*** PROVIDED DATA ***

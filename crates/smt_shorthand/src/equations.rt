// The commands that are made for a function that is defined by an equation: its declaration, and the assertion that the equation
// holds for all arguments.

ghost use Rattle.smt_commands.specs.Commands.{members_of};
ghost use Rattle.smt_commands.specs.Views.{symbol_is};
ghost use Rattle.smt_lists.specs.Expressions.{expr};
ghost use Rattle.smt_shorthand.specs.Equations.{assertion, claim, declaration, equation, first_of, first_in, second_in, second_of, use_of, variable_in, variable_of};
ghost use Rattle.std.specs.Option.{option_map};
ghost use Rattle.std.specs.Prelude.{◌≡◌, IfOk, map};

use crate::copying::copy;
use crate::resolving::symbol_at;
use linear_term::Memory;
use smt_commands::{Name, members, symbol};
use smt_lists::Sexp;
use sqlite_items::Items;
use std::alloc::Global;

/// The declaration of a function, at this offset.
pub fn declaration(
    alloc: Global,
    at: u64,
    name: &Sexp,
    variables: &[Sexp],
    sort: &Sexp,
) -> Result<Sexp, Memory>
    ensures { IfOk result (λ e. expr e ≡ declaration at (expr name.now) (map expr variables.now) (expr sort.now)) }
{
    let mut parts = Items::new(alloc);
    parts.push(symbol_at(alloc, at, b"declare-fun".as_slice())?)?;
    parts.push(copy(alloc, name)?)?;
    parts.push(Sexp::List(at, seconds(alloc, variables)?))?;
    parts.push(copy(alloc, sort)?)?;
    Ok(Sexp::List(at, parts))
}

/// The assertion of a function's equation.
pub fn assertion(
    alloc: Global,
    at: u64,
    name: &Sexp,
    list: &Sexp,
    variables: &[Sexp],
    term: &Sexp,
) -> Result<Sexp, Memory>
    ensures { IfOk result (λ e. expr e ≡ assertion at (expr name.now) (expr list.now) (map expr variables.now) (expr term.now)) }
{
    let mut parts = Items::new(alloc);
    parts.push(symbol_at(alloc, at, b"assert".as_slice())?)?;
    parts.push(claim(alloc, at, name, list, variables, term)?)?;
    Ok(Sexp::List(at, parts))
}

/// A function's equation for all arguments.
fn claim(
    alloc: Global,
    at: u64,
    name: &Sexp,
    list: &Sexp,
    variables: &[Sexp],
    term: &Sexp,
) -> Result<Sexp, Memory>
    ensures { IfOk result (λ e. expr e ≡ claim at (expr name.now) (expr list.now) (map expr variables.now) (expr term.now)) }
{
    let equation = equation(alloc, at, name, variables, term)?;
    if variables.is_empty() {
        return Ok(equation);
    }
    let mut parts = Items::new(alloc);
    parts.push(symbol_at(alloc, at, b"forall".as_slice())?)?;
    parts.push(copy(alloc, list)?)?;
    parts.push(equation)?;
    Ok(Sexp::List(at, parts))
}

/// A function's equation.
fn equation(
    alloc: Global,
    at: u64,
    name: &Sexp,
    variables: &[Sexp],
    term: &Sexp,
) -> Result<Sexp, Memory>
    ensures { IfOk result (λ e. expr e ≡ equation at (expr name.now) (map expr variables.now) (expr term.now)) }
{
    let mut parts = Items::new(alloc);
    parts.push(symbol_at(alloc, at, b"=".as_slice())?)?;
    parts.push(use_of(alloc, at, name, variables)?)?;
    parts.push(copy(alloc, term)?)?;
    Ok(Sexp::List(at, parts))
}

/// A function at its variables.
fn use_of(alloc: Global, at: u64, name: &Sexp, variables: &[Sexp]) -> Result<Sexp, Memory>
    ensures { IfOk result (λ e. expr e ≡ use_of at (expr name.now) (map expr variables.now)) }
{
    if variables.is_empty() {
        return copy(alloc, name);
    }
    let mut parts = Items::new(alloc);
    parts.push(copy(alloc, name)?)?;
    parts.append(firsts(alloc, variables)?)?;
    Ok(Sexp::List(at, parts))
}

/// The names of variables.
fn firsts(alloc: Global, variables: &[Sexp]) -> Result<Items<Sexp>, Memory>
    ensures { IfOk result (λ es. map expr es ≡ map first_of (map expr variables.now)) }
{
    let mut names = Items::new(alloc);
    for variable in variables {
        names.push(copy(alloc, first_of(variable))?)?;
    }
    Ok(names)
}

/// The sorts of variables.
fn seconds(alloc: Global, variables: &[Sexp]) -> Result<Items<Sexp>, Memory>
    ensures { IfOk result (λ es. map expr es ≡ map second_of (map expr variables.now)) }
{
    let mut sorts = Items::new(alloc);
    for variable in variables {
        sorts.push(copy(alloc, second_of(variable))?)?;
    }
    Ok(sorts)
}

/// The first member of a list; anything else itself.
pub fn first_of(e: &Sexp) -> &Sexp
    ensures { expr result.now ≡ first_of (expr e.now) }
{
    let Some(members) = members(e) else {
        return e;
    };
    match members.split_first() {
        Some((first, _)) => first,
        None => e,
    }
}

/// The second member of a list; anything else itself.
pub fn second_of(e: &Sexp) -> &Sexp
    ensures { expr result.now ≡ second_of (expr e.now) }
{
    let Some(members) = members(e) else {
        return e;
    };
    let Some((_, behind)) = members.split_first() else {
        return e;
    };
    match behind.split_first() {
        Some((second, _)) => second,
        None => e,
    }
}

/// The name of a variable, where an S-expression is a list of a name and of what stands for its sort.
pub fn variable_of(e: &Sexp) -> Option<Name<'_>>
    ensures { option_map symbol_is result ≡ variable_of (members_of (expr e.now)) }
{
    match members(e) {
        Some(members) => variable_in(members),
        None => None,
    }
}

/// The name of a variable of these members.
fn variable_in(members: &[Sexp]) -> Option<Name<'_>>
    ensures { option_map symbol_is result ≡ variable_in (map expr members.now) }
{
    let (name, behind) = members.split_first()?;
    let (_, end) = behind.split_first()?;
    if !end.is_empty() {
        return None;
    }
    symbol(name)
}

*** End of PROVIDED DATA ***

WHAT IS REQUIRED: The answer must be a word-for-word restatement of the records.

REPLY:
filename crates/smt_shorthand/src/equations.rt
// The commands that are made for a function that is defined by an equation: its declaration, and the assertion that the equation
// holds for all arguments.

ghost use Rattle.smt_commands.specs.Commands.{members_of};
ghost use Rattle.smt_commands.specs.Views.{symbol_is};
ghost use Rattle.smt_lists.specs.Expressions.{expr};
ghost use Rattle.smt_shorthand.specs.Equations.{assertion, claim, declaration, equation, first_of, first_in, second_in, second_of, use_of, variable_in, variable_of};
ghost use Rattle.std.specs.Option.{option_map};
ghost use Rattle.std.specs.Prelude.{◌≡◌, IfOk, map};

use crate::copying::copy;
use crate::resolving::symbol_at;
use linear_term::Memory;
use smt_commands::{Name, members, symbol};
use smt_lists::Sexp;
use sqlite_items::Items;
use std::alloc::Global;

/// The declaration of a function, at this offset.
pub fn declaration(
    alloc: Global,
    at: u64,
    name: &Sexp,
    variables: &[Sexp],
    sort: &Sexp,
) -> Result<Sexp, Memory>
    ensures { IfOk result (λ e. expr e ≡ declaration at (expr name.now) (map expr variables.now) (expr sort.now)) }
{
    let mut parts = Items::new(alloc);
    parts.push(symbol_at(alloc, at, b"declare-fun".as_slice())?)?;
    parts.push(copy(alloc, name)?)?;
    parts.push(Sexp::List(at, seconds(alloc, variables)?))?;
    parts.push(copy(alloc, sort)?)?;
    Ok(Sexp::List(at, parts))
}

/// The assertion of a function's equation.
pub fn assertion(
    alloc: Global,
    at: u64,
    name: &Sexp,
    list: &Sexp,
    variables: &[Sexp],
    term: &Sexp,
) -> Result<Sexp, Memory>
    ensures { IfOk result (λ e. expr e ≡ assertion at (expr name.now) (expr list.now) (map expr variables.now) (expr term.now)) }
{
    let mut parts = Items::new(alloc);
    parts.push(symbol_at(alloc, at, b"assert".as_slice())?)?;
    parts.push(claim(alloc, at, name, list, variables, term)?)?;
    Ok(Sexp::List(at, parts))
}

/// A function's equation for all arguments.
fn claim(
    alloc: Global,
    at: u64,
    name: &Sexp,
    list: &Sexp,
    variables: &[Sexp],
    term: &Sexp,
) -> Result<Sexp, Memory>
    ensures { IfOk result (λ e. expr e ≡ claim at (expr name.now) (expr list.now) (map expr variables.now) (expr term.now)) }
{
    let equation = equation(alloc, at, name, variables, term)?;
    if variables.is_empty() {
        return Ok(equation);
    }
    let mut parts = Items::new(alloc);
    parts.push(symbol_at(alloc, at, b"forall".as_slice())?)?;
    parts.push(copy(alloc, list)?)?;
    parts.push(equation)?;
    Ok(Sexp::List(at, parts))
}

/// A function's equation.
fn equation(
    alloc: Global,
    at: u64,
    name: &Sexp,
    variables: &[Sexp],
    term: &Sexp,
) -> Result<Sexp, Memory>
    ensures { IfOk result (λ e. expr e ≡ equation at (expr name.now) (map expr variables.now) (expr term.now)) }
{
    let mut parts = Items::new(alloc);
    parts.push(symbol_at(alloc, at, b"=".as_slice())?)?;
    parts.push(use_of(alloc, at, name, variables)?)?;
    parts.push(copy(alloc, term)?)?;
    Ok(Sexp::List(at, parts))
}

/// A function at its variables.
fn use_of(alloc: Global, at: u64, name: &Sexp, variables: &[Sexp]) -> Result<Sexp, Memory>
    ensures { IfOk result (λ e. expr e ≡ use_of at (expr name.now) (map expr variables.now)) }
{
    if variables.is_empty() {
        return copy(alloc, name);
    }
    let mut parts = Items::new(alloc);
    parts.push(copy(alloc, name)?)?;
    parts.append(firsts(alloc, variables)?)?;
    Ok(Sexp::List(at, parts))
}

/// The names of variables.
fn firsts(alloc: Global, variables: &[Sexp]) -> Result<Items<Sexp>, Memory>
    ensures { IfOk result (λ es. map expr es ≡ map first_of (map expr variables.now)) }
{
    let mut names = Items::new(alloc);
    for variable in variables {
        names.push(copy(alloc, first_of(variable))?)?;
    }
    Ok(names)
}

/// The sorts of variables.
fn seconds(alloc: Global, variables: &[Sexp]) -> Result<Items<Sexp>, Memory>
    ensures { IfOk result (λ es. map expr es ≡ map second_of (map expr variables.now)) }
{
    let mut sorts = Items::new(alloc);
    for variable in variables {
        sorts.push(copy(alloc, second_of(variable))?)?;
    }
    Ok(sorts)
}

/// The first member of a list; anything else itself.
pub fn first_of(e: &Sexp) -> &Sexp
    ensures { expr result.now ≡ first_of (expr e.now) }
{
    let Some(members) = members(e) else {
        return e;
    };
    match members.split_first() {
        Some((first, _)) => first,
        None => e,
    }
}

/// The second member of a list; anything else itself.
pub fn second_of(e: &Sexp) -> &Sexp
    ensures { expr result.now ≡ second_of (expr e.now) }
{
    let Some(members) = members(e) else {
        return e;
    };
    let Some((_, behind)) = members.split_first() else {
        return e;
    };
    match behind.split_first() {
        Some((second, _)) => second,
        None => e,
    }
}

/// The name of a variable, where an S-expression is a list of a name and of what stands for its sort.
pub fn variable_of(e: &Sexp) -> Option<Name<'_>>
    ensures { option_map symbol_is result ≡ variable_of (members_of (expr e.now)) }
{
    match members(e) {
        Some(members) => variable_in(members),
        None => None,
    }
}

/// The name of a variable of these members.
fn variable_in(members: &[Sexp]) -> Option<Name<'_>>
    ensures { option_map symbol_is result ≡ variable_in (map expr members.now) }
{
    let (name, behind) = members.split_first()?;
    let (_, end) = behind.split_first()?;
    if !end.is_empty() {
        return None;
    }
    symbol(name)
}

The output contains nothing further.